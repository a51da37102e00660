//! The disks of an array as its layers above see them: a rack of which at most one disk is out.
ghost use Rattle.std.specs.Prelude.{◌≡◌, ◌≢◌, ℕ, ◌<◌, ◌≤◌, true, false, Some, None, OnOk, IfErr, is_ok};
ghost use Rattle.paraid_rack.specs.declared.call.Call.TheVariants.{Attach, Park, Read, SpinUp, Sync, Write};
ghost use Rattle.paraid_rack.specs.declared.call.Power.TheVariants.{Absent, Parked, Spinning};
ghost use Rattle.paraid_rack.specs.Slots.{ChangesOneSlot};
ghost use Rattle.paraid_rack.specs.Told.{GrowsByCall};
ghost use Rattle.paraid_rack.specs.Trail.{Trail, now};
ghost use Rattle.paraid_txn.specs.Borne.{IsBorneNow, IsBorneNow-prop};
ghost use Rattle.paraid_txn.specs.Losses.{IsLostBy};
ghost use Rattle.paraid_image.specs.Out.{first_absent as first_absent_of, named_out, or_else};

use paraid_base::{Block, DiskNo, Failed, Place, Two, WITNESS_DISK};
use paraid_rack::{Power, Rack};
use paraid_record::Meta;

/// Why a call on one disk was not done: that disk is lost.
#[derive(Clone, Copy)]
pub enum Lost {
    /// No other disk is out.
    One { disk: DiskNo },
    /// Another disk was out.
    Two(Two),
}

/// Owns the rack of an array, and knows the epoch of its last commit, the disk that the last meta
/// names out, and a log disk against which disk 2 bears witness.
///
/// It takes no memory. The array's number of disks is that of the meta with which it was made.
#[derive(Drop)]
pub struct Store<R: Rack> {
    pub(crate) rack: R,
    // how many disks the array has
    pub(crate) disks: u8,
    // the epoch of the last commit
    pub(crate) epoch: u64,
    // the disk that the last meta names out
    pub(crate) named: Option<DiskNo>,
    // a log disk against which disk 2 is known to bear witness
    pub(crate) borne: Option<DiskNo>,
    ghost exists: { disks ≤ R.slot_count rack },
    ghost known: { IsBorneNow borne (R.told rack) } by { IsBorneNow-prop borne (R.told rack) },
}

// The least absent slot of the first ones.
pub(crate) fn find_absent<R: Rack>(rack: &R, disks: u8) -> Option<DiskNo>
    requires { disks ≤ R.slot_count rack.now }
    ensures { result ≡ first_absent_of (λ d. (R.slot rack.now d).power) disks }
{
    for disk in 0..disks {
        if rack.power(disk) == Power::Absent {
            return Some(disk);
        }
    }
    None
}

// The disk that is down as a commit begins: an absent one, which gets no call; or else the one that
// the last meta names out, or the one that the meta given names.
pub(crate) fn out_first(
    absent: Option<DiskNo>,
    before: Option<DiskNo>,
    after: Option<DiskNo>,
) -> Option<DiskNo>
    ensures { result ≡ or_else absent (or_else before after) }
{
    if absent.is_some() {
        return absent;
    }
    if before.is_some() {
        return before;
    }
    after
}

// A call on this disk has failed, where this disk was out before it.
fn loss_of(out: Option<DiskNo>, disk: DiskNo) -> Lost
    ensures one { (d : ℕ) → result ≡ Lost.One d
        → (d ≡ disk) × ((first : ℕ) → out ≡ Some first → first ≡ disk) }
    ensures two { (two : _) → result ≡ Lost.Two two
        → (two.second ≡ disk) × (out ≡ Some two.first) × (two.first ≢ disk) }
{
    match Two::beside(out, disk) {
        Some(two) => Lost::Two(two),
        None => Lost::One { disk },
    }
}

// The witness that is borne where this place is written: none, if that is the place of one.
fn borne_beside(borne: Option<DiskNo>, disk: DiskNo, place: Place) -> Option<DiskNo>
    ensures known { (x : ℕ) → result ≡ Some x
        → (borne ≡ Some x) × ((2 ≡ disk) → x < 2 → x ≢ place) }
    ensures kept { (disk ≡ 2 → 2 ≤ place) → result ≡ borne }
{
    if disk == WITNESS_DISK && place < 2 {
        return None;
    }
    borne
}

// The witness that is borne where this disk is a fresh one: none, if that disk bore it.
fn borne_without(borne: Option<DiskNo>, disk: DiskNo) -> Option<DiskNo>
    ensures known { (x : ℕ) → result ≡ Some x → (borne ≡ Some x) × (2 ≢ disk) }
    ensures kept { disk ≢ 2 → result ≡ borne }
{
    if disk == WITNESS_DISK {
        return None;
    }
    borne
}

impl<R: Rack> Store<R> {
    ghost use Rattle.paraid_txn.specs.Stores.{IsSameStore, Remembers, borne_of, disks_of, epoch_of, named_of, store_out, store_rack};

    /// Takes over a rack whose last meta is this one. It makes no call of the rack.
    pub fn adopt(rack: R, meta: &Meta) -> Store<R>
        requires exists { meta.now.setup.geometry.disks ≤ R.slot_count rack }
        ensures rack { store_rack result ≡ rack }
        ensures disks { disks_of result ≡ meta.now.setup.geometry.disks }
        ensures epoch { epoch_of result ≡ meta.now.epoch }
        ensures named { named_of result ≡ named_out meta.now.out }
        ensures borne { borne_of result ≡ None }
    {
        Store {
            rack,
            disks: meta.setup.geometry.disks,
            epoch: meta.epoch,
            named: meta.out.named(),
            borne: None,
        }
    }

    /// Takes it as known that disk 2 bears witness against this log disk. It makes no call.
    pub fn note_borne(&mut self, disk: DiskNo)
        requires borne { IsBorneNow (Some disk) (R.told (store_rack self.old)) }
        ensures rack { store_rack self.new ≡ store_rack self.old }
        ensures same { IsSameStore self.old self.new }
        ensures borne { borne_of self.new ≡ Some disk }
    {
        self.borne = Some(disk);
    }

    /// Whether it knows that disk 2 bears witness against this disk.
    pub fn knows_borne(&self, disk: DiskNo) -> bool
        ensures known { result ≡ true → IsBorneNow (Some disk) (R.told (store_rack self.now)) }
        ensures yes { borne_of self.now ≡ Some disk → result ≡ true }
    {
        self.borne == Some(disk)
    }

    /// The least absent slot of the first ones.
    pub fn first_absent(&self, disks: u8) -> Option<DiskNo>
        requires { disks ≤ R.slot_count (store_rack self.now) }
        ensures { result ≡ first_absent_of (λ d. (R.slot (store_rack self.now) d).power) disks }
    {
        find_absent(&self.rack, disks)
    }

    /// Gives the rack back. It makes no call of it.
    pub fn close(self) -> R
        ensures { result ≡ store_rack self }
    {
        self.rack
    }

    /// The epoch of the last commit.
    pub fn epoch(&self) -> u64
        ensures { result ≡ epoch_of self.now }
    {
        self.epoch
    }

    /// How a disk is powered.
    pub fn power(&self, disk: DiskNo) -> Power
        requires { disk < R.slot_count (store_rack self.now) }
        ensures { result ≡ (R.slot (store_rack self.now) disk).power }
    {
        self.rack.power(disk)
    }

    /// The disk that is out: the one that the last meta names, or else the least absent one.
    pub fn out(&self) -> Option<DiskNo>
        ensures { result ≡ store_out R.slot self.now }
    {
        if self.named.is_some() {
            return self.named;
        }
        find_absent(&self.rack, self.disks)
    }

    /// Reads a block. After a failure `into` holds any bytes.
    pub fn read(&mut self, disk: DiskNo, place: Place, into: &mut Block) -> Result<(), Lost>
        requires exists { disk < R.slot_count (store_rack self.old) }
        requires spinning { (R.slot (store_rack self.old) disk).power ≡ Spinning }
        requires within { place < (R.slot (store_rack self.old) disk).size }
        ensures slots { R.slot_count (store_rack self.new) ≡ R.slot_count (store_rack self.old) }
        ensures same { IsSameStore self.old self.new }
        ensures remembers { Remembers self.old self.new }
        ensures slot { ChangesOneSlot (R.slot (store_rack self.old))
            (R.slot (store_rack self.new)) disk (R.slot (store_rack self.old) disk)
            (R.slot (store_rack self.old) disk).unsynced (is_ok result) }
        ensures told { GrowsByCall (R.told (store_rack self.old)) (R.told (store_rack self.new))
            (Read disk place (is_ok result)) }
        ensures bytes { OnOk result ((t : Trail) → R.told (store_rack self.old) ≡ Some t
            → into.new ≡ (now t).block disk place) }
        ensures lost { IfErr result (IsLostBy (store_out R.slot self.old) disk
            (R.slot (store_rack self.old)) (R.slot (store_rack self.new))) }
    {
        let out = self.out();
        let Ok(()) = self.rack.read(disk, place, into) else {
            return Err(loss_of(out, disk));
        };
        Ok(())
    }

    /// Makes a disk keep all that was written.
    pub fn sync(&mut self, disk: DiskNo) -> Result<(), Lost>
        requires exists { disk < R.slot_count (store_rack self.old) }
        requires spinning { (R.slot (store_rack self.old) disk).power ≡ Spinning }
        ensures slots { R.slot_count (store_rack self.new) ≡ R.slot_count (store_rack self.old) }
        ensures same { IsSameStore self.old self.new }
        ensures remembers { Remembers self.old self.new }
        ensures slot { ChangesOneSlot (R.slot (store_rack self.old)) (R.slot (store_rack self.new))
            disk (record (R.slot (store_rack self.old) disk) { unsynced = false })
            (R.slot (store_rack self.old) disk).unsynced (is_ok result) }
        ensures told { GrowsByCall (R.told (store_rack self.old)) (R.told (store_rack self.new))
            (Sync disk (is_ok result)) }
        ensures lost { IfErr result (IsLostBy (store_out R.slot self.old) disk
            (R.slot (store_rack self.old)) (R.slot (store_rack self.new))) }
    {
        let out = self.out();
        let Ok(()) = self.rack.sync(disk) else {
            return Err(loss_of(out, disk));
        };
        Ok(())
    }

    /// Writes a block past the log. Whatever a stop leaves of it, what is held stays held if the
    /// place is free and the gates are closed.
    pub fn write_free(&mut self, disk: DiskNo, place: Place, block: &Block) -> Result<(), Lost>
        requires exists { disk < R.slot_count (store_rack self.old) }
        requires spinning { (R.slot (store_rack self.old) disk).power ≡ Spinning }
        requires within { place < (R.slot (store_rack self.old) disk).size }
        ensures slots { R.slot_count (store_rack self.new) ≡ R.slot_count (store_rack self.old) }
        ensures same { IsSameStore self.old self.new }
        ensures remembers { (disk ≡ 2 → 2 ≤ place) → Remembers self.old self.new }
        ensures slot { ChangesOneSlot
            (R.slot (store_rack self.old)) (R.slot (store_rack self.new)) disk
            (record (R.slot (store_rack self.old) disk) { unsynced = true }) true (is_ok result) }
        ensures told { GrowsByCall (R.told (store_rack self.old)) (R.told (store_rack self.new))
            (Write disk place block.now (is_ok result)) }
        ensures lost { IfErr result (IsLostBy (store_out R.slot self.old) disk
            (R.slot (store_rack self.old)) (R.slot (store_rack self.new))) }
    {
        let out = self.out();
        self.borne = borne_beside(self.borne, disk, place);
        let Ok(()) = self.rack.write(disk, place, block) else {
            return Err(loss_of(out, disk));
        };
        Ok(())
    }

    /// Parks a spinning disk of which nothing is unsynced.
    pub fn park(&mut self, disk: DiskNo) -> Result<(), Lost>
        requires exists { disk < R.slot_count (store_rack self.old) }
        requires spinning { (R.slot (store_rack self.old) disk).power ≡ Spinning }
        requires synced { (R.slot (store_rack self.old) disk).unsynced ≡ false }
        ensures slots { R.slot_count (store_rack self.new) ≡ R.slot_count (store_rack self.old) }
        ensures same { IsSameStore self.old self.new }
        ensures remembers { Remembers self.old self.new }
        ensures slot { ChangesOneSlot
            (R.slot (store_rack self.old)) (R.slot (store_rack self.new)) disk
            (record (R.slot (store_rack self.old) disk) { power = Parked }) false (is_ok result) }
        ensures told { GrowsByCall (R.told (store_rack self.old)) (R.told (store_rack self.new))
            (Park disk (is_ok result)) }
        ensures lost { IfErr result (IsLostBy (store_out R.slot self.old) disk
            (R.slot (store_rack self.old)) (R.slot (store_rack self.new))) }
    {
        let out = self.out();
        let Ok(()) = self.rack.park(disk) else {
            return Err(loss_of(out, disk));
        };
        Ok(())
    }

    /// Spins up a parked disk.
    pub fn spin_up(&mut self, disk: DiskNo) -> Result<(), Lost>
        requires exists { disk < R.slot_count (store_rack self.old) }
        requires parked { (R.slot (store_rack self.old) disk).power ≡ Parked }
        ensures slots { R.slot_count (store_rack self.new) ≡ R.slot_count (store_rack self.old) }
        ensures same { IsSameStore self.old self.new }
        ensures remembers { Remembers self.old self.new }
        ensures slot { ChangesOneSlot
            (R.slot (store_rack self.old)) (R.slot (store_rack self.new)) disk
            (record (R.slot (store_rack self.old) disk) { power = Spinning }) false (is_ok result) }
        ensures told { GrowsByCall (R.told (store_rack self.old)) (R.told (store_rack self.new))
            (SpinUp disk (is_ok result)) }
        ensures lost { IfErr result (IsLostBy (store_out R.slot self.old) disk
            (R.slot (store_rack self.old)) (R.slot (store_rack self.new))) }
    {
        let out = self.out();
        let Ok(()) = self.rack.spin_up(disk) else {
            return Err(loss_of(out, disk));
        };
        Ok(())
    }

    /// Puts a fresh disk of `size` blocks of zeros into the slot, spinning.
    pub fn attach(&mut self, disk: DiskNo, size: u32) -> Result<(), Lost>
        requires exists { disk < R.slot_count (store_rack self.old) }
        ensures slots { R.slot_count (store_rack self.new) ≡ R.slot_count (store_rack self.old) }
        ensures same { IsSameStore self.old self.new }
        ensures remembers { disk ≢ 2 → Remembers self.old self.new }
        ensures slot { ChangesOneSlot (R.slot (store_rack self.old)) (R.slot (store_rack self.new))
            disk (record (R.slot (store_rack self.old) disk) {
              power = Spinning;
              size = size;
              unsynced = false;
            }) (R.slot (store_rack self.old) disk).unsynced (is_ok result) }
        ensures told { GrowsByCall (R.told (store_rack self.old)) (R.told (store_rack self.new))
            (Attach disk size (is_ok result)) }
        ensures lost { IfErr result (IsLostBy (store_out R.slot self.old) disk
            (R.slot (store_rack self.old)) (R.slot (store_rack self.new))) }
    {
        let out = self.out();
        self.borne = borne_without(self.borne, disk);
        let Ok(()) = self.rack.attach(disk, size) else {
            return Err(loss_of(out, disk));
        };
        Ok(())
    }
}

#####

* Directions for this task
What is needed is an exact copy of the lines above, from the one containing "meta given names." through the one containing "disks_of result ≡", with nothing added.

* Reply to the exercise
// the last meta names out, or the one that the meta given names.
pub(crate) fn out_first(
    absent: Option<DiskNo>,
    before: Option<DiskNo>,
    after: Option<DiskNo>,
) -> Option<DiskNo>
    ensures { result ≡ or_else absent (or_else before after) }
{
    if absent.is_some() {
        return absent;
    }
    if before.is_some() {
        return before;
    }
    after
}

// A call on this disk has failed, where this disk was out before it.
fn loss_of(out: Option<DiskNo>, disk: DiskNo) -> Lost
    ensures one { (d : ℕ) → result ≡ Lost.One d
        → (d ≡ disk) × ((first : ℕ) → out ≡ Some first → first ≡ disk) }
    ensures two { (two : _) → result ≡ Lost.Two two
        → (two.second ≡ disk) × (out ≡ Some two.first) × (two.first ≢ disk) }
{
    match Two::beside(out, disk) {
        Some(two) => Lost::Two(two),
        None => Lost::One { disk },
    }
}

// The witness that is borne where this place is written: none, if that is the place of one.
fn borne_beside(borne: Option<DiskNo>, disk: DiskNo, place: Place) -> Option<DiskNo>
    ensures known { (x : ℕ) → result ≡ Some x
        → (borne ≡ Some x) × ((2 ≡ disk) → x < 2 → x ≢ place) }
    ensures kept { (disk ≡ 2 → 2 ≤ place) → result ≡ borne }
{
    if disk == WITNESS_DISK && place < 2 {
        return None;
    }
    borne
}

// The witness that is borne where this disk is a fresh one: none, if that disk bore it.
fn borne_without(borne: Option<DiskNo>, disk: DiskNo) -> Option<DiskNo>
    ensures known { (x : ℕ) → result ≡ Some x → (borne ≡ Some x) × (2 ≢ disk) }
    ensures kept { disk ≢ 2 → result ≡ borne }
{
    if disk == WITNESS_DISK {
        return None;
    }
    borne
}

impl<R: Rack> Store<R> {
    ghost use Rattle.paraid_txn.specs.Stores.{IsSameStore, Remembers, borne_of, disks_of, epoch_of, named_of, store_out, store_rack};

    /// Takes over a rack whose last meta is this one. It makes no call of the rack.
    pub fn adopt(rack: R, meta: &Meta) -> Store<R>
        requires exists { meta.now.setup.geometry.disks ≤ R.slot_count rack }
        ensures rack { store_rack result ≡ rack }
        ensures disks { disks_of result ≡ meta.now.setup.geometry.disks }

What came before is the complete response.